Automation will significantly reduce your operational overhead. No more managing machines (physical or virtual), no more configuration management, no more patching. If everything is automated, that means less toil—and that means all means your SDLC is not only more secure but also faster.
Integration and Deployment
Kubernetes (container orchestration) is the current solution to streamline integration and deployment in our agile world. But Kubernetes is a complex system and comes with its own security challenges, of which the most important is secrets.
The worst thing you could do is define secrets in YAML files and store them in Git repos. You could use Kubernetes’ secrets as the single source of truth, but what about secrets created by people who don’t need access to Kubernetes? This is where a secrets manager is a good choice: It acts as a single source of truth to store your sensitive data. You will get an automated process that eliminates the toil of manual labor but also guarantees security and speed.

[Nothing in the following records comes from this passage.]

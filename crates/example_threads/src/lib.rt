//! Worked examples of runs by threads, and of completions that are handed out, evaluated by the prover.
//!
//! The functions do nothing. Each promises the facts that it names.
#![tactic(auto)]

ghost use Rattle.std.specs.Prelude.{◌≡◌, [], slice_get, Some};
ghost use Rattle.completion_fanout.specs.Fanned.{IsFanned, dealt_to};
ghost use Rattle.run_check.specs.Gathered.{IsGathered};
ghost use Rattle.thread_plan.specs.Planned.{IsRunAlone};
ghost use Rattle.law_orders.specs.declared.fairness.Fairness.TheVariants.{Fair, Unfair};
ghost use Rattle.law_orders.specs.declared.fairness.UnfairCause.TheVariants.{NameTaken, PartnerMoves};
ghost use Rattle.law_orders.specs.Fairness.{fairness_of};
ghost use Rattle.example_rules.specs.OwnDevices as own;
ghost use Rattle.example_threads.specs.OwnRuns.{named_twice, stopped_beside};
ghost use Rattle.example_threads.specs.Handed.{drained, taken, taken_but_one, taken_changed, taken_twice};
ghost use Rattle.example_threads.specs.Planned.{plan, run};
ghost use Rattle.example_threads.specs.Polls as polls;

use example_rules::orders::{alone_is_fair, two_polls_are_an_order};
use law_orders::fair_orders_are_legal;

/// The caller's own run of two workers with one addition and one move, where number 0 polls, is as it was planned.
pub fn alone_is_planned()
    ensures { IsRunAlone plan 0 run }
{
    alone_is_fair();
    fair_orders_are_legal();
}

/// Two polls of an empty queue are gathered; where a receipt has another place, they are not.
pub fn a_raised_place_disagrees()
    ensures agree { IsGathered polls.books polls.entries (polls.receipts 0) }
    ensures disagree { IsGathered polls.books polls.entries (polls.receipts 1) → ⊥ }
{
    two_polls_are_an_order();
}

/// Three completions, handed to two consumers.
pub fn three_are_fanned()
    ensures { IsFanned drained taken [] }
{}

/// One that nobody took, one that was changed, and one that both took.
pub fn missing_or_changed_is_not_fanned()
    ensures missing { IsFanned drained taken_but_one [] → ⊥ }
    ensures changed { IsFanned drained taken_changed [] → ⊥ }
    ensures twice { IsFanned drained taken_twice [] → ⊥ }
{}

/// A caller who deals three completions to two consumers gives them the same lists.
#[tactic(auto, unfolding(completion_fanout::specs::Fanned::dealt_to))]
pub fn three_are_dealt()
    ensures first { Some (dealt_to 2 0 0 drained) ≡ slice_get taken 0 }
    ensures second { Some (dealt_to 2 1 0 drained) ≡ slice_get taken 1 }
{}

/// Two applications and a mover over devices of their own: the test finds their order fair. Where `mail` is then stopped beside
/// `desk`, which is Resuming, it tells the place of that step; and so it does where a second context `mail` is made.
pub fn own_orders_are_tested()
    ensures fair { fairness_of own.devices own.lines ≡ Fair }
    ensures beside { fairness_of own.devices stopped_beside ≡ Unfair PartnerMoves 10 }
    ensures twice { fairness_of own.devices named_twice ≡ Unfair NameTaken 1 }
{}
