/// The regions of the image, and the domain of a queue pair.
fn scope_of<'a>(lists: &'a Lists, head: &EndImageHead) -> Scope<'a>
    ensures domains { result.domains.now ≡ lists.now.domains.items }
    ensures regions { result.regions.now ≡ lists.now.regions.items }
    ensures domain { result.domain.now ≡ name_at lists.now.domains.items head.now.domain }
{
    Scope {
        domains: &lists.domains,
        regions: &lists.regions,
        domain: match lists.domains.get(head.domain as usize) {
            Some(name) => name.as_bytes(),
            None => b"",
        },
    }
}

/// So many kept replies are next.
#[tactic(auto, unfolding(protocol::specs::Dumps::after, protocol::specs::Dumps::items, crate::specs::Ahead::ahead, crate::specs::Ahead::more_kept))]
pub fn enter_kept(
    opened: &DumpHead,
    lists: &Lists,
    head: &EndImageHead,
    link: &LinkImageHead,
    count: u8,
    after: u16,
) -> ReadState
    ensures { ahead opened.now lists.now result
        ≡ more_kept opened.now lists.now.domains.items lists.now.regions.items
        (queues_of lists.now) lists.now.ends.items after head.now link.now count
        lists.now.kept.items }
{
    match count {
        0 => ReadState::Untold(*head, Some(*link), after),
        _ => ReadState::Kept(*head, *link, count - 1, after),
    }
}

/// A kept reply. Errors: `BadDump` with the first fault of the bytes, or `OutOfMemory`. After `Short` the lists are as
/// they were.
pub fn kept_step(
    opened: &DumpHead,
    lists: &mut Lists,
    c: &mut Cursor<'_>,
    head: &EndImageHead,
    link: &LinkImageHead,
    more: u8,
    after: u16,
) -> Result<ReadState, DumpFault>
    ensures { Steps opened.now (ReadState.Kept head.now link.now more after) lists.old lists.new
        c.old c.new result }
{
    let reply = groups::read_kept(c, link.waiting.expected, &lists.kept)?;
    push(&mut lists.kept, reply)?;
    Ok(enter_kept(opened, lists, head, link, more, after))
}

/// So many untold requests are next.
#[tactic(auto, unfolding(protocol::specs::Dumps::after, protocol::specs::Dumps::items, crate::specs::Ahead::ahead, crate::specs::Ahead::more_untold, crate::specs::Ahead::more_requests))]
pub fn enter_requests(
    opened: &DumpHead,
    lists: &Lists,
    head: &EndImageHead,
    link: &LinkImageHead,
    before: &EarlierRequests,
    count: u16,
    after: u16,
) -> ReadState
    ensures ahead { ahead opened.now lists.now result
        ≡ more_untold opened.now lists.now.domains.items lists.now.regions.items
        (queues_of lists.now) lists.now.ends.items after head.now
        (link_of_head link.now lists.now.kept.items) before.now count lists.now.untold.items }
    ensures weightless { weight result ≡ 0 }
{
    match count {
        0 => ReadState::Unused(*head, Some(*link), after),
        _ => ReadState::Request(*head, *link, *before, count - 1, after),
    }
}

fn untold_rule(link: &Option<LinkImageHead>, count: u16) -> bool
    ensures { result ≡ may_be_untold link.now count }
{
    match link {
        None => count == 0,
        Some(link) if count == 0 => link.numbers.top == link.numbers.first,
        Some(link) => !link.ended,
    }
}

fn read_untold_count(
    c: &mut Cursor<'_>,
    depth: u16,
    link: &Option<LinkImageHead>,
) -> Result<u16, Offence>
    ensures { Parsed (count_by 2 depth (may_be_untold link.now)) c.old c.new result }
{
    let mut fields = Fields::of(c);
    let count = fields.u16();
    fields.keep_or(DumpWhy::Count, count <= depth);
    fields.keep(untold_rule(link, count));
    fields.end(c, count)
}

fn unused_rule(link: &Option<LinkImageHead>, count: u16) -> bool
    ensures { result ≡ may_be_unused link.now count }
{
    match link {
        Some(link) if link.ended => count == 0,
        _ => true,
    }
}

fn read_unused_count(
    c: &mut Cursor<'_>,
    depth: u16,
    link: &Option<LinkImageHead>,
) -> Result<u16, Offence>
    ensures { Parsed (count_by 2 depth (may_be_unused link.now)) c.old c.new result }
{
    let mut fields = Fields::of(c);
    let count = fields.u16();
    fields.keep_or(DumpWhy::Count, count <= depth);
    fields.keep(unused_rule(link, count));
    fields.end(c, count)
}
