//! Orders of the steps of devices that threads share, and what is true of each such order (this project's choice).
#![tactic(auto)]

ghost use Rattle.order_rules.specs.Bridge.{CopiesStand};
ghost use Rattle.order_rules.specs.Openings.{AreOpenedApart};

use protocol::{Event, Outcome};

/// What a worker holds of a step that it asked of a device.
#[derive(Drop)]
pub struct Receipt {
    pub worker: u32,
    /// The device's id.
    pub device: u8,
    /// Which step of that device it was, counted from 0.
    pub place: u64,
    pub event: Event,
    pub outcome: Outcome,
}

/// A step in the order of all devices' steps.
#[derive(Clone, Copy, Debug, PartialEq, Eq)]
pub struct OrderEntry {
    /// The device's id.
    pub device: u8,
    /// Which step of that device it was, counted from 0.
    pub place: u64,
    /// The number of the first datagram that the step sent, and of the next one where it sent none.
    pub first: u64,
    /// How many it sent.
    pub count: u64,
}

/// A datagram that was sent may be sent again, and the world stands for the same state of the packetless machine.
pub fn copies_stand()
    ensures { CopiesStand }
{}

/// Each opening device comes by events of its own, without a world.
pub fn devices_open_apart()
    ensures { AreOpenedApart }
{}
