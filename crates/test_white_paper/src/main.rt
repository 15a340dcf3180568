// The binary line example of the white paper (13.1.3), field by field. From the bytes of its Tables 75 to 90 it prints what the reader takes from them, as
// Tables 72, 92 and 93 put it; then the fields that the values of Tables 72 to 74 give. The file stdout has what the tables print.
#![tactic(auto)]

ghost use Rattle.std.specs.Prelude.{◌<◌};

use buffers::bytes::{at2, at3};
use console::{hand_over, load, print};
use fields::coordinate::{latitude_code, longitude_code, longitude_sum, moved};
use fields::leg::{Attributes, distance};
use fields::offset::offset_byte;
use fields::sector::sector;
use model::limits::{DISTANCE_STEP, STEP_ADDED};
use model::number_of;
use references::leg::leg_at;
use references::reference::Reference;

// The coordinates of Table 72 in hundred-thousandths of a degree, with what the map adds to them.
const LONGITUDE_1: u32 = 18_000_000 + 612_683;

const LONGITUDE_2: u32 = 18_000_000 + 612_838;

const LONGITUDE_3: u32 = 18_000_000 + 612_817;

const LATITUDE_1: u32 = 9_000_000 + 4_960_851;

const LATITUDE_2: u32 = 9_000_000 + 4_960_398;

const LATITUDE_3: u32 = 9_000_000 + 4_960_305;

fn write(rt: &impl Print, word: &[u8]) {
    hand_over(rt, word);
}

fn print_tenths(rt: &impl Print, word: &[u8], n: u64) {
    print(rt, word, n / 10);
    print(rt, b".", n % 10);
}

fn print_hundredths(rt: &impl Print, word: &[u8], n: u64) {
    print_tenths(rt, word, n / 10);
    print(rt, b"", n % 10);
}

// A difference of 16 bits with its sign.
fn print_signed(rt: &impl Print, word: &[u8], by: u32)
    requires { by < 65_536 }
{
    write(rt, word);
    if by < 32_768 {
        print(rt, b"", by as u64);
    } else {
        print(rt, b"-", (65_536 - by) as u64);
    }
}

// Whether the differences to the point after point `k` lead to its coordinates in Table 72.
fn reached(k: usize, by_lon: u32, by_lat: u32) -> bool {
    if k == 0 {
        return longitude_sum(LONGITUDE_1, by_lon) == LONGITUDE_2
            && moved(LATITUDE_1, by_lat, LATITUDE_2);
    }
    longitude_sum(LONGITUDE_2, by_lon) == LONGITUDE_3 && moved(LATITUDE_2, by_lat, LATITUDE_3)
}

// The coordinates of each point, the differences to it from the second on.
fn show_coordinates(rt: &impl Print, reference: Reference) {
    let bytes = reference.bytes;
    print(rt, b"Table 72: 1 code ", at3(bytes, 1) as u64);
    print(rt, b" code ", at3(bytes, 4) as u64);
    for k in 0..reference.points {
        let by_lon = at2(bytes, 10 + 7 * k);
        let by_lat = at2(bytes, 12 + 7 * k);
        print(rt, b"\nTable 72: ", (k + 2) as u64);
        print_signed(rt, b" ", by_lon);
        print_signed(rt, b" ", by_lat);
        if reached(k, by_lon, by_lat) {
            write(rt, b" reached");
        }
    }
}

fn print_form_of_way(rt: &impl Print, fow: u32) {
    match fow {
        2 => write(rt, b" MULTIPLE_CARRIAGEWAY"),
        3 => write(rt, b" SINGLE_CARRIAGEWAY"),
        _ => {
            print(rt, b" FOW ", fow as u64);
        }
    }
}

// A point's number, and what it says of its line. A sector has 11.25 degrees.
fn show_point(rt: &impl Print, number: usize, a: Attributes) {
    print(rt, b"\nTable 92: ", number as u64);
    print(rt, b" FRC", a.frc as u64);
    print_form_of_way(rt, a.fow);
    print_hundredths(rt, b" ", a.sector as u64 * 1_125);
    print_hundredths(rt, b" - ", a.sector as u64 * 1_125 + 1_125);
}

// The lengths that give a byte D, in metres and tenths as the table has them. They are in centimetres here.
fn print_distance(rt: &impl Print, d: u32) {
    let from = d as u64 * DISTANCE_STEP as u64;
    print_tenths(rt, b" ", from / 10);
    print_tenths(rt, b" - ", (from + DISTANCE_STEP as u64) / 10);
}

// What the bytes say of the lines at each point and of the legs between them.
fn show_points(rt: &impl Print, reference: Reference) {
    let places = [0; Reference::MOST_POINTS];
    for k in 0..reference.points {
        let leg = leg_at(reference, &places, k);
        show_point(rt, k + 1, leg.leaves);
        print(rt, b" FRC", leg.lowest as u64);
        print_distance(rt, leg.distance);
        if let Some(a) = leg.arrival {
            show_point(rt, k + 2, a);
        }
    }
}

fn show_offset(rt: &impl Print, word: &[u8], offset: Option<u32>) {
    write(rt, word);
    match offset {
        None => write(rt, b" no offset available"),
        Some(byte) => {
            print(rt, b" byte ", byte as u64);
        }
    }
}

// The fields that the values of Tables 72 to 74 give: the tables named are those that print their bits.
// Its bearings of 135, 227 and 290 degrees are drawn, as a map has them: 20 m along, east and north in decimetres.
fn show_fields(rt: &impl Print) {
    print(rt, b"\nTable 76: ", longitude_code(LONGITUDE_1) as u64);
    print(rt, b"\nTable 77: ", latitude_code(LATITUDE_1) as u64);
    print(
        rt,
        b"\nTable 79: ",
        sector(STEP_ADDED + 141, STEP_ADDED - 141) as u64,
    );
    print(rt, b"\nTable 80: ", distance(56_100) as u64);
    print(
        rt,
        b"\nTable 84: ",
        sector(STEP_ADDED - 146, STEP_ADDED - 136) as u64,
    );
    print(rt, b"\nTable 85: ", distance(27_400) as u64);
    print(
        rt,
        b"\nTable 89: ",
        sector(STEP_ADDED - 188, STEP_ADDED + 68) as u64,
    );
    print(rt, b"\nTable 90: ", offset_byte(56_100, 15_000) as u64);
    write(rt, b"\n");
}

fn show(rt: &impl Print, bytes: &[u8]) {
    match Reference::of(bytes) {
        Ok(reference) => {
            show_coordinates(rt, reference);
            show_points(rt, reference);
            show_offset(rt, b"\nTable 93: positive", reference.positive_offset());
            show_offset(rt, b"\nTable 93: negative", reference.negative_offset());
        }
        Err(why) => {
            print(rt, b"refused ", number_of(why) as u64);
        }
    }
}

fn main(rt: HostRuntime) {
    let mut bytes = [0; 512];
    let n = load(&rt, b"example.bin", &mut bytes);
    show(&rt, &bytes[..n]);
    show_fields(&rt);
}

DevSecOps for Incident Response
Incident response playbooks are a crucial component of DevSecOps. Playbooks are a set of generalized and summarized processes that provide a consistent way of handling issues for quicker response and resolution. Learning from every incident is also part of the playbook, whether it’s a security issue or a new vulnerability.
The content can include everything from runbooks and checklists to templates, training exercises, security attack scenarios and simulation drills. The goal is simple: A set of policies, processes and practices for quickly responding to and resolving unplanned outages, thus helping teams fix online issues more quickly to reduce the size of the blast radius.
We have only scratched the surface of security automation capabilities and their potential impact on the SDLC. But it’s clear that adding (automated) security into DevOps has a positive impact on the overall velocity of the SDLC and, of course, on its security posture.